The Significance of Lewis Acid Sites for the Selective Catalytic Reduction of Nitric Oxide on Vanadium-Based Catalysts

The long debated reaction mechanisms of the selective catalytic reduction (SCR) of nitric oxide with ammonia (NH3) on vanadium‐based catalysts rely on the involvement of Brønsted or Lewis acid sites. This issue has been clearly elucidated using a combination of transient perturbations of the catalyst environment with operando time‐resolved spectroscopy to obtain unique molecular level insights. Nitric oxide reacts predominantly with NH3 coordinated to Lewis sites on vanadia on tungsta–titania (V2O5‐WO3‐TiO2), while Brønsted sites are not involved in the catalytic cycle. The Lewis site is a mono‐oxo vanadyl group that reduces only in the presence of both nitric oxide and NH3. We were also able to verify the formation of the nitrosamide (NH2NO) intermediate, which forms in tandem with vanadium reduction, and thus the entire mechanism of SCR. Our experimental approach, demonstrated in the specific case of SCR, promises to progress the understanding of chemical reactions of technological relevance.
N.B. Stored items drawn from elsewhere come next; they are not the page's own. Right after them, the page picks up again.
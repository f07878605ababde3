//! The line of an answer.
ghost use Rattle.std.specs.Prelude.{◌≡◌, ◌≤◌, ◌+◌, ◌++◌, [], ◌∷◌, drop, length};
ghost use Rattle.std.specs.Fmt.{signed_decimal};
ghost use Rattle.io_streams.specs.Sink.{Writes};
ghost use Rattle.sql_text.specs.Tuple.{tuple_text, tuple_line};

use crate::name::Name;
use io_streams::{Sink, WriteFault, write_all};
use itoa::write_digits;

/// The most bytes of a line: a name, at most eight values behind commas, and LF.
const MOST_BYTES: usize = 193;

// Puts an integer before that place, and returns where it starts.
fn put_integer_before(line: &mut [u8], end: usize, value: i64) -> usize
    requires room { 20 ≤ end }
    requires inside { end ≤ length line.old }
    ensures text { drop result line.new ≡ signed_decimal value ++ drop end line.old }
    ensures before { result ≤ end }
    ensures short { end ≤ result + 20 }
    ensures len { length line.new ≡ length line.old }
{
    let start = write_digits(value.unsigned_abs(), line, end);
    if value >= 0 {
        return start;
    }
    line[start - 1] = b'-';
    start - 1
}

// Puts a comma and a value before that place, and returns where the comma stands.
fn put_value_before(line: &mut [u8], end: usize, value: i64) -> usize
    requires room { 21 ≤ end }
    requires inside { end ≤ length line.old }
    ensures text { drop result line.new ≡ 44 ∷ signed_decimal value ++ drop end line.old }
    ensures before { result ≤ end }
    ensures short { end ≤ result + 21 }
    ensures len { length line.new ≡ length line.old }
{
    let start = put_integer_before(line, end, value);
    line[start - 1] = b',';
    start - 1
}

// Puts the values of a tuple at the end of a line, each behind a comma, and LF behind them. Returns where they start.
fn put_values(line: &mut [u8], values: &[i64]) -> usize
    requires few { length values.now ≤ 8 }
    requires size { length line.old ≡ 193 }
    ensures text { drop result line.new ≡ tuple_text values.now ++ 10 ∷ [] }
    ensures room { 24 ≤ result }
    ensures inside { result ≤ 193 }
    ensures len { length line.new ≡ 193 }
{
    let mut start = line.len() - 1;
    line[start] = b'\n';
    let mut left = values.len();
    while left > 0 {
        left -= 1;
        start = put_value_before(line, start, values[left]);
    }
    start
}

// Puts a name before that place, and returns where it starts.
fn put_name_before(line: &mut [u8], end: usize, name: &Name) -> usize
    requires room { 24 ≤ end }
    requires inside { end ≤ length line.old }
    ensures text { drop result line.new ≡ name.now ++ drop end line.old }
    ensures inside { result ≤ length line.new }
{
    let bytes = name.bytes();
    let start = end - bytes.len();
    line[start..end].copy_from_slice(bytes);
    start
}

// Puts the line of an answer at the end of the room for one, and returns where it starts.
fn put_line(line: &mut [u8], name: &Name, values: &[i64]) -> usize
    requires few { length values.now ≤ 8 }
    requires size { length line.old ≡ 193 }
    ensures text { drop result line.new ≡ tuple_line name.now values.now }
    ensures inside { result ≤ length line.new }
{
    let end = put_values(line, values);
    put_name_before(line, end, name)
}

/// Writes a tuple of at most 8 values as an answer of the query of this name: `q,v1,v2` and LF, by one call of the sink
/// where it takes all.
pub fn put_tuple<O: Sink>(out: &mut O, name: &Name, values: &[i64]) -> Result<(), WriteFault>
    requires { length values.now ≤ 8 }
    ensures { Writes result (O.seen out.old) (O.seen out.new) (tuple_line name.now values.now) }
{
    let mut line = [0; MOST_BYTES];
    let start = put_line(&mut line, name, values);
    write_all(out, line.split_at(start).1)
}
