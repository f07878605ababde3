//! Names of streams, columns and queries.
ghost use Rattle.std.specs.Prelude.{◌≡◌, ◌≤◌, Some, None, IsTrue, if◌then◌else◌, length};
ghost use Rattle.sql_text.specs.Name.{is_name};

use crate::key::key_of;
use crate::word::is_word;
use std::hash::{Hash, Hasher};
use std::marker::Model;

/// The name of a stream, a column or a query: a word of at most 24 bytes that is not reserved. A clause sees its bytes.
#[derive(Clone, Copy)]
pub struct Name {
    bytes: [u8; 24],
    len: usize,
}

impl Model for Name {
    ghost use Rattle.std.specs.Prelude.{List, ℕ};

    ghost Value = { List ℕ };

    ghost use Rattle.sql_text.specs.Stored.{shown, IsStored, stored, stored_back};

    ghost view = { shown };

    ghost invariant = { IsStored };

    ghost inverse = { stored };

    ghost inverse_ok = { stored_back };
}

impl Name {
    /// The most bytes of a name.
    pub const MOST_BYTES: usize = 24;

    /// Returns the name that the text is, where it is one.
    #[tactic(auto, unfolding(crate::specs::Name::is_name))]
    pub fn read(text: &[u8]) -> Option<Name>
        ensures { result ≡ (if is_name text.now then Some text.now else None) }
    {
        if !is_word(text) || key_of(text).is_some() || Name::MOST_BYTES < text.len() {
            return None;
        }
        let mut bytes = [0; 24];
        for (i, byte) in text.iter().enumerate() {
            bytes[i] = *byte;
        }
        Some(Name {
            bytes,
            len: text.len(),
        })
    }

    /// Returns the bytes of the name.
    pub fn bytes(&self) -> &[u8]
        ensures bytes { result.now ≡ self.now }
        ensures name { IsTrue (is_name self.now) }
        ensures short { length self.now ≤ 24 }
    {
        self.bytes.split_at(self.len).0
    }
}

/// Names are compared byte by byte.
impl PartialEq for Name {
    ghost use Rattle.std.specs.Prelude.{nat_eq};
    ghost use Rattle.std.specs.Cmp.Lexicographic.{pointwise};
    ghost use Rattle.std.specs.Cmp.{partial_equiv_from_equiv};
    ghost use Rattle.std.proofs.lemmas.Cmp.{nat_list_eq_equiv};

    ghost eq = { pointwise nat_eq };

    ghost laws = { partial_equiv_from_equiv nat_list_eq_equiv };

    fn eq(&self, other: &Name) -> bool {
        self.bytes() == other.bytes()
    }
}

impl Eq for Name {
    ghost use Rattle.std.proofs.lemmas.Cmp.{nat_list_eq_equiv};

    ghost laws = { nat_list_eq_equiv };
}

/// The hash of a name is that of its bytes.
impl Hash for Name {
    ghost use Rattle.std.specs.Hash as fed;
    ghost use Rattle.std.proofs.Common.{ap};
    ghost use Rattle.std.proofs.lemmas.Slice.Eq.{bytes_eq-Decides};

    ghost hash_input = { fed.slice fed.u8 };

    ghost respects_eq = { λ x y same. ap (fed.slice fed.u8) ((bytes_eq-Decides x y).0 same) };

    fn hash<H: Hasher>(&self, state: &mut H) {
        self.bytes().hash(state);
    }
}

/// The name `_`, which fills places of an array that no clause speaks of.
impl Default for Name {
    fn default() -> Name {
        Name {
            bytes: [
                b'_', 0, 0, 0, 0, 0, 0, 0, 0, 0, 0, 0, 0, 0, 0, 0, 0, 0, 0, 0, 0, 0, 0, 0,
            ],
            len: 1,
        }
    }
}
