// Rules 2 and 3, forward check and look ahead, on the words of a turn. It rests on `solver_arrays`. Every public function here is for
// `rule_entries` and `search_rules`.
#![tactic(auto)]

ghost use Rattle.std.specs.Prelude.{◌≡◌, ◌≤◌, ◌<◌, length};
ghost use Rattle.solver_arrays.specs.Words.{Nonzero};
ghost use Rattle.rule_forward.specs.Replies.{Forwarded, UnmovedBut, ForwardConflict, LookedAhead};

use mask::single;
use solver_arrays::{Arrays, reason};
use steps::{check_each, later, losing_from, tried};

mod steps;

pub use steps::{Ahead, Checked};

// The forward check of value a of variable x. The reply names the variable of a loss, and the other variables that lost values.
pub fn forward(arrays: &Arrays, x: usize, a: usize, w: &mut [u16]) -> Checked
    requires { (x < arrays.now.n) × (a < 16) × (96 ≤ length w.old) × Nonzero arrays.now.n w.old }
    ensures { Forwarded arrays.now x a w.old w.new result.named
        × UnmovedBut x result.narrowed w.old w.new }
{
    let m = later(arrays, x);
    w[x] = single(a);
    let q = reason(w, x);
    check_each(arrays, x, a, q, m, w)
}

// The conflict set of a loss at variable x in the check of variable k.
pub fn forward_conflict(arrays: &Arrays, w: &[u16], k: usize, x: usize) -> u32
    requires { (96 ≤ length w.now) × (k < 32) × (x < 32) }
    ensures { ForwardConflict arrays.now k x w.now result }
{
    reason(w, k) | reason(w, x) | arrays.neighbours(x)
}

// Look ahead at variable i: the lowest value whose forward check is a loss, and the variable that this loss names.
pub fn look_ahead(arrays: &Arrays, i: usize, w: &[u16]) -> Option<Ahead>
    requires { (i < arrays.now.n) × (96 ≤ length w.now) × Nonzero arrays.now.n w.now }
    ensures { LookedAhead arrays.now i w.now result }
{
    let m = later(arrays, i);
    let d = tried(arrays.universal, i, w);
    losing_from(arrays, i, m, d, w)
}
Selective catalytic reduction of NO with ammonia on vanadium goes Lewis: A combination of time‐resolved diffuse reflectance IR spectroscopy (DRIFTS) and visible spectroscopy (DR‐Vis) with a modulated excitation approach, provided unambiguous evidence for the participation of Lewis acid sites in the selective catalytic reduction of NO with NH3 over V2O5‐WO3‐TiO2 catalysts.